Data entries

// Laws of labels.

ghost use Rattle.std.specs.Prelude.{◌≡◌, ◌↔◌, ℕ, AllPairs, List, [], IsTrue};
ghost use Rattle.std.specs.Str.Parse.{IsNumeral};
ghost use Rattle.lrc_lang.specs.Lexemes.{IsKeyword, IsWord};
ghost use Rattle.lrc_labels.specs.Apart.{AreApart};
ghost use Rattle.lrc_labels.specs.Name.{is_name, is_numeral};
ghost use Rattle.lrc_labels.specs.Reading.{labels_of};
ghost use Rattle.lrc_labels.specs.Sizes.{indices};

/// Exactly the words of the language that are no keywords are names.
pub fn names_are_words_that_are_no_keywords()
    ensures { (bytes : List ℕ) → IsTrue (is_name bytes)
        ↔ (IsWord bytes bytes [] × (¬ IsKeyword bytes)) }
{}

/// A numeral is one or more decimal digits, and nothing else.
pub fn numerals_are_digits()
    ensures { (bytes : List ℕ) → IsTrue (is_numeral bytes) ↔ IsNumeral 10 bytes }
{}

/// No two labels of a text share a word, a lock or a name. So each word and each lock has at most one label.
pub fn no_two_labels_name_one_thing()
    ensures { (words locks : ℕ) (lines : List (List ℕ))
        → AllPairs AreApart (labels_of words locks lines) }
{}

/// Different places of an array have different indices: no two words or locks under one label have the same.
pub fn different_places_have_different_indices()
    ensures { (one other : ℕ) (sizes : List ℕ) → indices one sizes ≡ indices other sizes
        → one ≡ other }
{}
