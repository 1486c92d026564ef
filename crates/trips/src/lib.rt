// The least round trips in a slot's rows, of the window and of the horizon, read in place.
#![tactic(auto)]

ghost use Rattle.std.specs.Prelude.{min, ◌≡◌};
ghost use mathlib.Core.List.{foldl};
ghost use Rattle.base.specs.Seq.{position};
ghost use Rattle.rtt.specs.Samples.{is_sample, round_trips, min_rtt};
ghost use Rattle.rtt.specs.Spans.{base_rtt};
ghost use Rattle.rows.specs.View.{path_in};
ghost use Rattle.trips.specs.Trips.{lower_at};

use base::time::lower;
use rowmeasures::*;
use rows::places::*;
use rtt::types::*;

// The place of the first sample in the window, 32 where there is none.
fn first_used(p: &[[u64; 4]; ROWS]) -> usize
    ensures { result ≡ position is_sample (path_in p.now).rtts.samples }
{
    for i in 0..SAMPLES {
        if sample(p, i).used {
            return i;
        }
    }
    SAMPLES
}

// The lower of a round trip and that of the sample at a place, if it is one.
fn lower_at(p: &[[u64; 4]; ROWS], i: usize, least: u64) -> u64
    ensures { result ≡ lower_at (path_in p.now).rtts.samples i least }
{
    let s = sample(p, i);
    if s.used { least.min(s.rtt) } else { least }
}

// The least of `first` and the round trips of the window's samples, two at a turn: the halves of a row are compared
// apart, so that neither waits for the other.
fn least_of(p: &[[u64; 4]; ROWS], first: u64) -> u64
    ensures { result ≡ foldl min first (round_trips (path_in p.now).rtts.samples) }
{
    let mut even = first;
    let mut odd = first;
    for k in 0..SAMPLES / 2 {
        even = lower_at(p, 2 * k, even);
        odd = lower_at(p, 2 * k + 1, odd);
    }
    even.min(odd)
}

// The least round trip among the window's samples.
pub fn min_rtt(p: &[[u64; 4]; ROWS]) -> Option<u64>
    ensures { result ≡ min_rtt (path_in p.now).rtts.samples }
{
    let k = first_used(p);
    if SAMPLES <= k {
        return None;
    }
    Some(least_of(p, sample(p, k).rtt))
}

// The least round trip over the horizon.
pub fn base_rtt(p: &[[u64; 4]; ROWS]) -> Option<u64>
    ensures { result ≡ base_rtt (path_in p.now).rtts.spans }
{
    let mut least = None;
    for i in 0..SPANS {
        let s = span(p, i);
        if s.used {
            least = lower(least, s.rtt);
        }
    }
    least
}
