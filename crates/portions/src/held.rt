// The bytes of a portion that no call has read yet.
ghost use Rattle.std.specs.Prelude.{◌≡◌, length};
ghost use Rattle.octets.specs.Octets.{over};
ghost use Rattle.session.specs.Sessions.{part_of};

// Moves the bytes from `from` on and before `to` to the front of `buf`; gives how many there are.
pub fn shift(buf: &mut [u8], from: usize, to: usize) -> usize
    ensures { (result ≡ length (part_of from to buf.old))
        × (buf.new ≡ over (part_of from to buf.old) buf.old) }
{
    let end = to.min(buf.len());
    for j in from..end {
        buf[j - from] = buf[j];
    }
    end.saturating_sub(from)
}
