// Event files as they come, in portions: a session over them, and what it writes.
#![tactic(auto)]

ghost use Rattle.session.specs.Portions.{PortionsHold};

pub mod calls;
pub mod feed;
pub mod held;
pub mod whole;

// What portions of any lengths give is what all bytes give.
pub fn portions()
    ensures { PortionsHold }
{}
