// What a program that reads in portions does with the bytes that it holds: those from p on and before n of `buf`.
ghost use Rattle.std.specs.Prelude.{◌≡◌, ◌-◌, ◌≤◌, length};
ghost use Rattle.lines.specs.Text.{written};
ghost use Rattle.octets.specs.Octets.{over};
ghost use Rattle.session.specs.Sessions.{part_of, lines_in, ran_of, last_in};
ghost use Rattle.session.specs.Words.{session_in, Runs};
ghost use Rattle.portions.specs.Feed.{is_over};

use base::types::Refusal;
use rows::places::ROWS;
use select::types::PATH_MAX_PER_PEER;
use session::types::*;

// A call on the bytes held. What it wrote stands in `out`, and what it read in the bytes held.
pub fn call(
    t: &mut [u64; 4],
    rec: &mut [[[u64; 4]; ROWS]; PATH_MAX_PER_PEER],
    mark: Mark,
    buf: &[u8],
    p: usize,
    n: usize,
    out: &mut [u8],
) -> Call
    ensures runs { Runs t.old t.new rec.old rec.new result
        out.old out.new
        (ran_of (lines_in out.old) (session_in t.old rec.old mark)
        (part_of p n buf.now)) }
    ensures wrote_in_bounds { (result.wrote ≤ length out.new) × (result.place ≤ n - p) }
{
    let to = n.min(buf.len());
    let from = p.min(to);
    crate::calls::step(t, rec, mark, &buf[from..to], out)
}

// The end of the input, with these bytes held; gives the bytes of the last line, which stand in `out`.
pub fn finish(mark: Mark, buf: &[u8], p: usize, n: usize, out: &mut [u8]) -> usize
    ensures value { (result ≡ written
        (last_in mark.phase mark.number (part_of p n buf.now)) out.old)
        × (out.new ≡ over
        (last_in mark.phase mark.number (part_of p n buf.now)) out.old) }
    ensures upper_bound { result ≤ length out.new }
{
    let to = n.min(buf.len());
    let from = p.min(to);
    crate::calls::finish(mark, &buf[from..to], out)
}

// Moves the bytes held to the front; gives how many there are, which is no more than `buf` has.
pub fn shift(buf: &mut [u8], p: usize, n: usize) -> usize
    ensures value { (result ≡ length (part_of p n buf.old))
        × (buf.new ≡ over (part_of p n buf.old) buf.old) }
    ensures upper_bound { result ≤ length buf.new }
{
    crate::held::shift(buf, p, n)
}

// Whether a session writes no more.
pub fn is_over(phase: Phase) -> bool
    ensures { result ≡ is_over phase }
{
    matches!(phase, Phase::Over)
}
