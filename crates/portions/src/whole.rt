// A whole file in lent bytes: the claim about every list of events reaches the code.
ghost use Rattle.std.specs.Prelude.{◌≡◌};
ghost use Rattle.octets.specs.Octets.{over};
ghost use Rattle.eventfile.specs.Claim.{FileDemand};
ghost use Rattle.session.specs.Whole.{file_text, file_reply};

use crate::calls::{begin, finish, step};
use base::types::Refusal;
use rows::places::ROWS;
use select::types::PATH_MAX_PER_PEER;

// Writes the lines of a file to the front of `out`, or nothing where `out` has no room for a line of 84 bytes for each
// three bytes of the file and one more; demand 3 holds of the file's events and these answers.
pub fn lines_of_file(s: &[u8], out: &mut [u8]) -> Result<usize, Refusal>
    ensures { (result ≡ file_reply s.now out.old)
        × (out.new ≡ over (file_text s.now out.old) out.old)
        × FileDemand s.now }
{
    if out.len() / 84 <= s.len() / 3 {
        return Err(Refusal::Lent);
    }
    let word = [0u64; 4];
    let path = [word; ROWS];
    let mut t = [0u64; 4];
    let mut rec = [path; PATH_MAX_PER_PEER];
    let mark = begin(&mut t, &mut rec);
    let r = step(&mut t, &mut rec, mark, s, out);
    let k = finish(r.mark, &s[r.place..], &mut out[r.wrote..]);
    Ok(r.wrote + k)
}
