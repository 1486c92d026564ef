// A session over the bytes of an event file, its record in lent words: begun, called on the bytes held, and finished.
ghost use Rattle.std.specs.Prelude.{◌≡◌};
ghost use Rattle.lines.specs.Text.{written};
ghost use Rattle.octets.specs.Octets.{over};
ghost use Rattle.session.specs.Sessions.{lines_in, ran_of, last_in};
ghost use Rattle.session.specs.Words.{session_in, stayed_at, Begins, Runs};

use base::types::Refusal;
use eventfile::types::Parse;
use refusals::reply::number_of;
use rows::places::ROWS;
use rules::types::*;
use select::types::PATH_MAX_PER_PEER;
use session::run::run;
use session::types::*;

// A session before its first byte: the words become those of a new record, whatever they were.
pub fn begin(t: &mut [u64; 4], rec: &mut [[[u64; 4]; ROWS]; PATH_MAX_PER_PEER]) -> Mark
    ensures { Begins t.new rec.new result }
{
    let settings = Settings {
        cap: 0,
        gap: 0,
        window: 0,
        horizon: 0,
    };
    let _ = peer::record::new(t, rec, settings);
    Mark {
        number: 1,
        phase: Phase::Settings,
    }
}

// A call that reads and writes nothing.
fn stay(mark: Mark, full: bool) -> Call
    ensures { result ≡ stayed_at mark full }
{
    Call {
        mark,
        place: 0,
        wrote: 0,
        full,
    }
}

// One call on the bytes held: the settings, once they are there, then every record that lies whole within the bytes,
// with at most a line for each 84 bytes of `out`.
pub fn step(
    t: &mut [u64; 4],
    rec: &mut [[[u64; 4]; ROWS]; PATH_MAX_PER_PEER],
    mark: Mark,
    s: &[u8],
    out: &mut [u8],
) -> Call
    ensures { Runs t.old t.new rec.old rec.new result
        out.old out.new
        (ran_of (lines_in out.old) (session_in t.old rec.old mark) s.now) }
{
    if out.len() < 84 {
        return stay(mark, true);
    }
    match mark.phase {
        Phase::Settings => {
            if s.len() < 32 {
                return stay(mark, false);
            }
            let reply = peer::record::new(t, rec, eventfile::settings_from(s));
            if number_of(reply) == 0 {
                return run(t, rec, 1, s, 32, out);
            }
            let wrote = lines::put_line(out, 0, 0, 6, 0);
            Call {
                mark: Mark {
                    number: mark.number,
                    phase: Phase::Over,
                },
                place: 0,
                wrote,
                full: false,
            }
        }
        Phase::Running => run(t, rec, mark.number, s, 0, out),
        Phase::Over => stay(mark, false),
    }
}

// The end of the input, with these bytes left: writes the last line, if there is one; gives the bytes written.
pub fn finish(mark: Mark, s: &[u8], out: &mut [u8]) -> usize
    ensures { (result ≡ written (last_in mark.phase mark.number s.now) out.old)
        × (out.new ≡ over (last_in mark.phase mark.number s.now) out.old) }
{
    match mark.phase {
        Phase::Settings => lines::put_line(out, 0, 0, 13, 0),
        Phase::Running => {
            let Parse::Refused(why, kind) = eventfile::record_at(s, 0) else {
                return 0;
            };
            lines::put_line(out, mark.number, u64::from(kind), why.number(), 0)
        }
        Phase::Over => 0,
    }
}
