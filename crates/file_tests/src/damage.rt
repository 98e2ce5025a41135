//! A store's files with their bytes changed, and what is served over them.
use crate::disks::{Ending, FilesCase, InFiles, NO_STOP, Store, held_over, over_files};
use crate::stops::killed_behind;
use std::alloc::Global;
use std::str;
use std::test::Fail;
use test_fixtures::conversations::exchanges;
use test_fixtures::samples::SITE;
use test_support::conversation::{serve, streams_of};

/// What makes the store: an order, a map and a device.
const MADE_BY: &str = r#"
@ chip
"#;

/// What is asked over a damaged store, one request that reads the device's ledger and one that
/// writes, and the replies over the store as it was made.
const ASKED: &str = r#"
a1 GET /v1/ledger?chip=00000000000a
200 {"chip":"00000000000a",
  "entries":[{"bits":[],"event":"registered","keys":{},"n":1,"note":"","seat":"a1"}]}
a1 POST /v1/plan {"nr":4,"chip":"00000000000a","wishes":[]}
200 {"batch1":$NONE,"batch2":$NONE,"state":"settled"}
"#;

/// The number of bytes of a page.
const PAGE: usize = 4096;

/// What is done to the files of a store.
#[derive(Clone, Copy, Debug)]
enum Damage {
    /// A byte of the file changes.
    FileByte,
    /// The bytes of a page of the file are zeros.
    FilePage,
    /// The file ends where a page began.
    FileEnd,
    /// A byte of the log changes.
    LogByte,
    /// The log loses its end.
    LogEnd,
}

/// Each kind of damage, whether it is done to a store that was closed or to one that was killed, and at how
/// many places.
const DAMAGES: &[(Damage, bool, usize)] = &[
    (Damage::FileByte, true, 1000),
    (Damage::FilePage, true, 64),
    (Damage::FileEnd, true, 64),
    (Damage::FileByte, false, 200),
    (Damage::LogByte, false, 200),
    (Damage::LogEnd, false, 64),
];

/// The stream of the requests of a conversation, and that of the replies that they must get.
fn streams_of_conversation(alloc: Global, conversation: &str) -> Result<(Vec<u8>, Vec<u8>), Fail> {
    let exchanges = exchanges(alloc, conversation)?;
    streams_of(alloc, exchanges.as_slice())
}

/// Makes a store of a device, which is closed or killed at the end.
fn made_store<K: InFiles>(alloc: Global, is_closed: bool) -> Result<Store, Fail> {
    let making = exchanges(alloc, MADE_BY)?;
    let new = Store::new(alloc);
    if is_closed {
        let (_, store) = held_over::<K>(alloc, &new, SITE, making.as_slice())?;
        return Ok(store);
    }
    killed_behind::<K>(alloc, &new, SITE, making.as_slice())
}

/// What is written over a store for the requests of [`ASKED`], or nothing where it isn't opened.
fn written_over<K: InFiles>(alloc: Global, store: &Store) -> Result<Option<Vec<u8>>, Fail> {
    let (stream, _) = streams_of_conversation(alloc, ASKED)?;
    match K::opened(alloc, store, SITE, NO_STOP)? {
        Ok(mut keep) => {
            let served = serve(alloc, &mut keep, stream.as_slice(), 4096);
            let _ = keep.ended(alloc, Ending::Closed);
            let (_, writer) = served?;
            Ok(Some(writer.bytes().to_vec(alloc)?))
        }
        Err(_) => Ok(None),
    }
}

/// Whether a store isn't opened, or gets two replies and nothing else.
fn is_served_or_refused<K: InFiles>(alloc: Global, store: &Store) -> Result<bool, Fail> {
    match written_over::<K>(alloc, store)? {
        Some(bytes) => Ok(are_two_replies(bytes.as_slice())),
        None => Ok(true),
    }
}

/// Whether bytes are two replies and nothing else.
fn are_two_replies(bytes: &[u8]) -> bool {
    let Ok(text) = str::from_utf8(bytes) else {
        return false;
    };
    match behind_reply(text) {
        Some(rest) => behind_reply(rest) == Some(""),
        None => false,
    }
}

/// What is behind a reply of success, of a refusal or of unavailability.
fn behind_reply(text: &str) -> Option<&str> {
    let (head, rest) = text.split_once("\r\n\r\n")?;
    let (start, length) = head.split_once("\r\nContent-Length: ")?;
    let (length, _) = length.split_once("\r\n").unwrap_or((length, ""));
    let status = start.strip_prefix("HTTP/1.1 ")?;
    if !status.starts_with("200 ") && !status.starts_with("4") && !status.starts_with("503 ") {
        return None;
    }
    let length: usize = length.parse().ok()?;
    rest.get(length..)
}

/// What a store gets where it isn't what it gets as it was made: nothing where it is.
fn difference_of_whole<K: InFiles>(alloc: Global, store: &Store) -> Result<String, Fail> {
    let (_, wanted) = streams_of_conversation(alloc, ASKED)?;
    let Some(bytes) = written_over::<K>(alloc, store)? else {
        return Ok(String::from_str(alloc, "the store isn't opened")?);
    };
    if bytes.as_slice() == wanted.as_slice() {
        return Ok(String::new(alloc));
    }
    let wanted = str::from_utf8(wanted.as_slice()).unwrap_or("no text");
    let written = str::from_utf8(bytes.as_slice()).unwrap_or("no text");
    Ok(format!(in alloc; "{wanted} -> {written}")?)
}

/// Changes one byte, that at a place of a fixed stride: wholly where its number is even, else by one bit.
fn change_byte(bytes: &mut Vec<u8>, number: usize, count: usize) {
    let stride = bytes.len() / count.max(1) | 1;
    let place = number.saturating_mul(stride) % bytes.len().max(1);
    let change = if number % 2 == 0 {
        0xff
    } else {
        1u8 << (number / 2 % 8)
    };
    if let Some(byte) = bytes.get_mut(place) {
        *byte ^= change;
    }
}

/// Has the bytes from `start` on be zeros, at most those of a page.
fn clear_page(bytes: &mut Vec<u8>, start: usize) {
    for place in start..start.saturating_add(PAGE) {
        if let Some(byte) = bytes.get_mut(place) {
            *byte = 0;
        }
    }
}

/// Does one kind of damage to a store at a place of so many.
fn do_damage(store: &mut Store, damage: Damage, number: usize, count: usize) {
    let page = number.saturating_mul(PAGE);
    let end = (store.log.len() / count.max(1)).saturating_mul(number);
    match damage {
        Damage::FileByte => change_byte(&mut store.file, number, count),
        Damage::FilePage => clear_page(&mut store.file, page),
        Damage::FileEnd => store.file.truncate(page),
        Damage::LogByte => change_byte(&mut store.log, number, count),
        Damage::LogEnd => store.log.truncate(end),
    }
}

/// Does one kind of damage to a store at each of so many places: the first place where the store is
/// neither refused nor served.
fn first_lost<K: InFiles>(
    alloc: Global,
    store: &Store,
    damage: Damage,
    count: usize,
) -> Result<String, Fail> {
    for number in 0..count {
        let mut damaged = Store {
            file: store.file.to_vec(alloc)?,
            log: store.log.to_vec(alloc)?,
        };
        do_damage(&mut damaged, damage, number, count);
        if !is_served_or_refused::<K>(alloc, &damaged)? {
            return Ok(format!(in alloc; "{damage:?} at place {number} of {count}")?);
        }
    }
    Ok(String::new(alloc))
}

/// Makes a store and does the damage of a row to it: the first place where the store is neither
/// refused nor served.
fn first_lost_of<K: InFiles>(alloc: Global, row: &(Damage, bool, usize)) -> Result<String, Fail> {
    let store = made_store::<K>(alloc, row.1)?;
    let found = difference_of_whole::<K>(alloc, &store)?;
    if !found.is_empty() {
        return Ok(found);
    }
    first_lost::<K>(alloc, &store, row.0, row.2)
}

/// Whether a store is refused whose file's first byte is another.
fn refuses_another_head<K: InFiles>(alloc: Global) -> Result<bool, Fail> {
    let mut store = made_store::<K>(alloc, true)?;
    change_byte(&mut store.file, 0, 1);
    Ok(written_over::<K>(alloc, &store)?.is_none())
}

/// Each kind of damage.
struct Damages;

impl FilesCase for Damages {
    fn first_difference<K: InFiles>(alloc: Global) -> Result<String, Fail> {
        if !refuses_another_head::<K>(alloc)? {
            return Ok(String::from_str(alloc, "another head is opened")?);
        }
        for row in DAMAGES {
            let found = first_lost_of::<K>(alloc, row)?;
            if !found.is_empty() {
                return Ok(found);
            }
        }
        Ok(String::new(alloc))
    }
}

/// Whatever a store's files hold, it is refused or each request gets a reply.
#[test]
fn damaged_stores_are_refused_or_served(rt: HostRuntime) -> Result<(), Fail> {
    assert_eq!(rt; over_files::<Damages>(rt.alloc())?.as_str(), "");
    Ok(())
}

■ Exercise instructions
Reproduce, exactly as they stand in the data above, the lines from the one that holds "pub fn names_are_words_that_are_no_keywords()" to the one that holds "pub fn different_places_have_different_indices()", inclusive.

■ Solution to this task
pub fn names_are_words_that_are_no_keywords()
    ensures { (bytes : List ℕ) → IsTrue (is_name bytes)
        ↔ (IsWord bytes bytes [] × (¬ IsKeyword bytes)) }
{}

/// A numeral is one or more decimal digits, and nothing else.
pub fn numerals_are_digits()
    ensures { (bytes : List ℕ) → IsTrue (is_numeral bytes) ↔ IsNumeral 10 bytes }
{}

/// No two labels of a text share a word, a lock or a name. So each word and each lock has at most one label.
pub fn no_two_labels_name_one_thing()
    ensures { (words locks : ℕ) (lines : List (List ℕ))
        → AllPairs AreApart (labels_of words locks lines) }
{}

/// Different places of an array have different indices: no two words or locks under one label have the same.
pub fn different_places_have_different_indices()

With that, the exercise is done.